You use probabilities for everything, you may not even notice but you do. for example you normally use theoretical probabilities that include the exact probability. it is all about the chances you have of winning or loosing. the world is full of probabilities, in schools, the supermarket. mostly businesses that always before opening or even being created look at the probabilities of their company being successful or failing. there would always exists risks but you have to make sure that the probabilities of doing well are higher than the ones of failing. everything in life have risks and sometimes the risks are too high. when i say risks i am referring to the probabilities of not doing well.

The theoretical probabilities are just an matter of chances. and sometimes in the experimental probabilities the outcome is completely different than what you expected to be. but that is how real life works. you may have the standards but in the practice the outcomes or results would always have a small margin of mistake or difference. that is why this is called probabilities anything can happen but the chances of it occurring maybe greater or smaller.

Introduction

Welcome to my blog, my name is Nicole De Francisco but my friends call me Nicky. I´m in 8th, in my fourteen years of life this is the first time that I have been assigned to do a blog. It is a fascinating experience and sensation to do something that can be read by the rest of the world. I am going to take my time to explain you about probabilities, this includes finding experimental and theoretical probabilities, doing tree diagrams, area models and expected values. This weren't the topics that i chose, but the ones I was assigned by my computer teacher. but they are still very interesting.

My goal in this project is to create a blog about my math topics, so that students or anyone that wants to learn about probabilities can come in and learn some fascinanting facts and strategies. I am an eighth grader, but in this project I am going to play the role of a teacher that wants to show her students about probabilities. That is one of the subjects that are present on the school´s eighth grade syllabus. My work is obviausly directed and the students, but also to the school´s authorities because they must aprove my work.

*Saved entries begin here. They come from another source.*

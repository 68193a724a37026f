ghost use Rattle.std.specs.Prelude.{◌≡◌, IfOk};
ghost use Rattle.http.specs.StatusCode.{reason_phrase};
ghost use Rattle.spm_http.specs.Parts as parts;
ghost use Rattle.spm_http.specs.Writing.{phrase_or_none, request_text, response_text};

use http::StatusCode;
use spm_version::{Bytes, NoMemory};
use std::alloc::Global;

/// The bytes of a GET request (RFC 9112), after which the connection is closed: its target, the host (with the port unless it is
/// 80) and what is accepted.
///
/// # Errors
///
/// `NoMemory` alone.
pub fn request(alloc: Global, target: &str, host: &str, accept: &str) -> Result<Bytes, NoMemory>
    ensures { IfOk result (λ bytes. bytes ≡ request_text target.now host.now accept.now) }
{
    let text = format!(in alloc;
        "GET {target} HTTP/1.1\r\nHost: {host}\r\nAccept: {accept}\r\nConnection: close\r\n\r\n"
    )?;
    Ok(Bytes::from_vec(text.into_bytes()))
}

/// The bytes of a response (RFC 9112) with this status, a body of this media type, and the version of the registry's API. The
/// reason phrase is the standard one of the status, or empty where it has none.
///
/// # Errors
///
/// `NoMemory` alone.
pub fn response(alloc: Global, status: u16, kind: &str, body: &[u8]) -> Result<Bytes, NoMemory>
    ensures { IfOk result (λ bytes. bytes ≡ response_text status kind.now body.now) }
{
    let mut bytes = response_lines(alloc, status, phrase(status), kind, body.len())?;
    bytes.extend_from_slice(body)?;
    Ok(Bytes::from_vec(bytes))
}

// The lines of a response before its body, which has this many bytes.
fn response_lines(
    alloc: Global,
    status: u16,
    phrase: &str,
    kind: &str,
    count: usize,
) -> Result<Vec<u8>, NoMemory>
    ensures { IfOk result (λ bytes. bytes.items ≡ parts.response_lines status phrase.now kind.now count) }
{
    let text = format!(in alloc;
        "HTTP/1.1 {status} {phrase}\r\nContent-Version: 1\r\nContent-Type: {kind}\r\nContent-Length: {count}\r\nConnection: close\r\n\r\n"
    )?;
    Ok(text.into_bytes())
}

// The standard phrase of a status, or none where it has none.
fn phrase(status: u16) -> &'static str
    ensures { result.now ≡ phrase_or_none (reason_phrase status) }
{
    match StatusCode::from_u16(status) {
        Ok(code) => match code.canonical_reason() {
            Some(phrase) => phrase,
            None => "",
        },
        Err(_) => "",
    }
}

My final product would be in this blog and would include visual information, and the necesarry work for my students to learn.

Bibliography:

http://www.mrnussbaum.com/cards/index.html http://www.mathgoodies.com/lessons/vol6/intro_probability.html http://regentsprep.org/Regents/math/tree/PracTre.htm http://www2.whidbey.net/ohmsmath/CMP/hlii.htm http://regentsprep.org/Regents/math/math-topic.cfm?TopicCode=tree http://regentsprep.org/Regents/math/tree/Ltree.htm

but mostly i got my information about my first semester notebook. From my math class with my teacher Consuelo Vega.